Actually, we are always poised at the edge of destruction, war or not, since none of us can foresee how long our life in this present body will last. We may make all sorts of physical preparations for World War 111, digging bomb shelters or whatever, but we may not live to enjoy our handiwork, having died of a heart attack from the exertion. The most substantial preparation possible is to become God conscious Krsna conscious now.
Being Krsna conscious means we must learn to live out our lives in a way that will please the Lord. According to the Vedic teachings, this entails approaching a bona fide spiritual master and submissively inquiring from him about the science of Krsna. Such a spiritual master can engage one in bhakti-yoga, or service to Krsna, which begins with chanting the Hare Krsna mantra and following the basic regulative principles of spiritual life, namely abstinence from meat-eating, illicit sex, gambling, and intoxication. By these simple processes one can know the Lord in truth, cross over the miseries of this temporary world, and go back home, back to Godhead.
These teachings of Lord Krsna's peace formula, as explained by Srila Prabhupada and offered to everyone by the International Society for Krishna Consciousness, are admittedly simple proposals for solving a complex problem. They have been available to the Western world since 1966, but they have been largely ignored by top-level policy makers, owing to our modern society's "secular" orientation. Godless politicians have not been able to afford even an experimental investigation into the application of these principles in society, and yet their own exertions seem to be offering us no relief from the dilemmas they are pledged to resolve. History has shown their attempts for peace to be nothing more than a flimsy charade of false promises.
However, the Vedic literatures themselves serve as testimony to the social efficacy of the Krsna conscious philosophy, since they were compiled at a time when the important civilizations of the world followed those principles. From the descriptions of theBhagavad-gita, the most esteemed of the Puranas (Vedic histories), we find that by acknowledging the property rights of Lord Krsna, human society was decorated by His blessings in the form of wisdom, opulence, happiness, and peace, the natural conditions of life for devotees of the Lord.
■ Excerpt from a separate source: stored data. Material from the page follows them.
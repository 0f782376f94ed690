//! The text of a table: its header and its rows.

ghost use Rattle.std.specs.Prelude.{◌≡◌, ◌∷◌, [], ◌↔◌, IfOk, IsTrue};
ghost use Rattle.csv.specs.Reading.{default_config, records, strip_bom};
ghost use Rattle.csv.specs.Records.{fields_of};
ghost use Rattle.gtd_hours_holidays.specs.Table.{AreOfBytes, AreTable, header};
ghost use Rattle.gtd_hours_holidays.specs.declared.fault.HolidaysFault.{HolidaysFault};

use crate::fault::HolidaysFault;
use crate::fields::read_row;
use crate::row::HolidayRow;
use csv::ByteRecord;
use gtd_core::limits::MOST_FILE_BYTES;
use gtd_rows::{RowTaker, RowsEnd, four_columns, take_rows};
use std::alloc::{AllocError, Global};

/// The most rows of a table.
const MOST_TABLE_ROWS: u32 = 4096;

/// The rows that were read, and the faults of the others.
#[derive(Drop)]
pub(crate) struct Found {
    pub(crate) rows: Vec<HolidayRow>,
    pub(crate) faults: Vec<HolidaysFault>,
}

impl RowTaker for Found {
    ghost use Rattle.gtd_hours_holidays.specs.TakenRows.{Begins, Takes};

    ghost begins = { Begins };

    ghost takes = { Takes };

    fn take_header(&mut self, row: &ByteRecord) -> bool {
        is_header(row)
    }

    fn take_row(&mut self, number: u32, row: &ByteRecord) -> Result<bool, AllocError> {
        if number > MOST_TABLE_ROWS {
            self.faults.push(HolidaysFault::TooManyRows)?;
            return Ok(false);
        }
        match read_row(number, row) {
            Ok(read) => self.rows.push(read)?,
            Err(why) => self.faults.push(why)?,
        }
        Ok(true)
    }
}

// Whether a row is the header.
fn is_header(row: &ByteRecord) -> bool
    ensures { IsTrue result ↔ (fields_of row.now ≡ header) }
{
    let Some(columns) = four_columns(row) else {
        return false;
    };
    columns.element == b"first".as_slice()
        && columns.closed == b"last".as_slice()
        && columns.vehicles == b"kind".as_slice()
        && columns.last == b"name".as_slice()
}

// A single fault.
fn alone(alloc: Global, why: HolidaysFault) -> Result<Found, AllocError>
    ensures rows { IfOk result (λ found. found.rows.items ≡ []) }
    ensures faults { IfOk result (λ found. found.faults.items ≡ why ∷ []) }
{
    let mut faults = Vec::new(alloc);
    faults.push(why)?;
    Ok(Found {
        rows: Vec::new(alloc),
        faults,
    })
}

// What the records of a table's bytes say, if there are not too many bytes.
fn read_text(alloc: Global, bytes: &[u8]) -> Result<Found, AllocError>
    ensures { IfOk result
        (λ found. AreTable (records default_config (strip_bom bytes.now)) found.rows.items found.faults.items) }
{
    let mut found = Found {
        rows: Vec::new(alloc),
        faults: Vec::new(alloc),
    };
    match take_rows(alloc, bytes, &mut found)? {
        RowsEnd::NoHeader => alone(alloc, HolidaysFault::Header),
        RowsEnd::All => Ok(found),
        RowsEnd::Stopped => Ok(found),
        RowsEnd::TooMany => Ok(found),
    }
}

/// The rows of a table's bytes that are read, and the faults of the others. `AllocError` is answered only if memory was refused.
pub(crate) fn read_rows(alloc: Global, bytes: &[u8]) -> Result<Found, AllocError>
    ensures { IfOk result (λ found. AreOfBytes bytes.now found.rows.items found.faults.items) }
{
    if bytes.len() > MOST_FILE_BYTES {
        return alone(alloc, HolidaysFault::TooLarge);
    }
    read_text(alloc, bytes)
}
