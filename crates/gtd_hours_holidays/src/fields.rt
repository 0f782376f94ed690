//! The fields of a row.

ghost use Rattle.std.specs.Prelude.{◌≡◌, ◌↔◌, ◌≤ℤ◌, ◌+ℤ◌, ℤ, pos, IfSome, IsTrue, MatchOption};
ghost use Rattle.csv.specs.Records.{fields_of};
ghost use Rattle.gtd_calendar.specs.Calendar.{IsCalendarDay};
ghost use Rattle.gtd_hours_holidays.specs.Rows.{IsLastDay, IsRow, word_of};

use crate::date::read_day;
use crate::fault::HolidaysFault;
use crate::row::{HolidayKind, HolidayRow};
use csv::ByteRecord;
use gtd_rows::four_columns;

// Whether a row may have these days as its first and its last.
fn is_near(first: i64, last: i64) -> bool
    requires { IsCalendarDay first }
    ensures { IsTrue result ↔ ((first ≤ℤ last) × (last ≤ℤ (first +ℤ pos 36_599))) }
{
    first <= last && last <= first + 36_599
}

// The last day that the second field of a row stands for, whose first day is this one.
fn read_last(first: i64, text: &[u8]) -> Option<i64>
    requires first_in { IsCalendarDay first }
    ensures last { MatchOption result ((n : ℤ) → IsLastDay first text.now n → ⊥) (IsLastDay first text.now) }
    ensures near { IfSome result IsCalendarDay }
{
    if text.is_empty() {
        return Some(first);
    }
    let Some(last) = read_day(text) else {
        return None;
    };
    if !is_near(first, last) {
        return None;
    }
    Some(last)
}

// The kind that the third field of a row names, and whether the row covers its days.
fn read_kind(text: &[u8]) -> Option<(HolidayKind, bool)>
    ensures { result ≡ word_of text.now }
{
    if text == b"PH".as_slice() {
        Some((HolidayKind::Public, false))
    } else if text == b"SH".as_slice() {
        Some((HolidayKind::School, false))
    } else if text == b"PH-covered".as_slice() {
        Some((HolidayKind::Public, true))
    } else if text == b"SH-covered".as_slice() {
        Some((HolidayKind::School, true))
    } else {
        None
    }
}

/// What the row with this number says, or its first fault from the left. Takes no memory.
pub(crate) fn read_row(number: u32, row: &ByteRecord) -> Result<HolidayRow, HolidaysFault>
    ensures { IsRow number (fields_of row.now) result }
{
    let Some(columns) = four_columns(row) else {
        return Err(HolidaysFault::FieldCount { row: number });
    };
    let Some(first) = read_day(columns.element) else {
        return Err(HolidaysFault::First { row: number });
    };
    let Some(last) = read_last(first, columns.closed) else {
        return Err(HolidaysFault::Last { row: number });
    };
    let Some((kind, covers)) = read_kind(columns.vehicles) else {
        return Err(HolidaysFault::Kind { row: number });
    };
    Ok(HolidayRow {
        first,
        last,
        kind,
        covers,
    })
}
Srila Prabhupada was convinced that it is not too late for us to alter the vicious course of modern history and return to the divine shelter from which we have wandered so far away. He called modern socio-political arrangements "decorations on a dead body," because the spiritual foundations of society have long decayed. Therefore, external adjustments to the social body in the name of "detente," "coexistence," "arms limitation," or "containment" cannot check social decline, any more than cosmetics can check the gradual withering of a corpse. But by spiritual inspiration through Krsna consciousness, civilization can regain its real life and purpose. For those who recognize the futility of a godless existence of quarrel, uncertainty, and meaningless death, Srila Prabhupada's teachings are not to be lightly dismissed.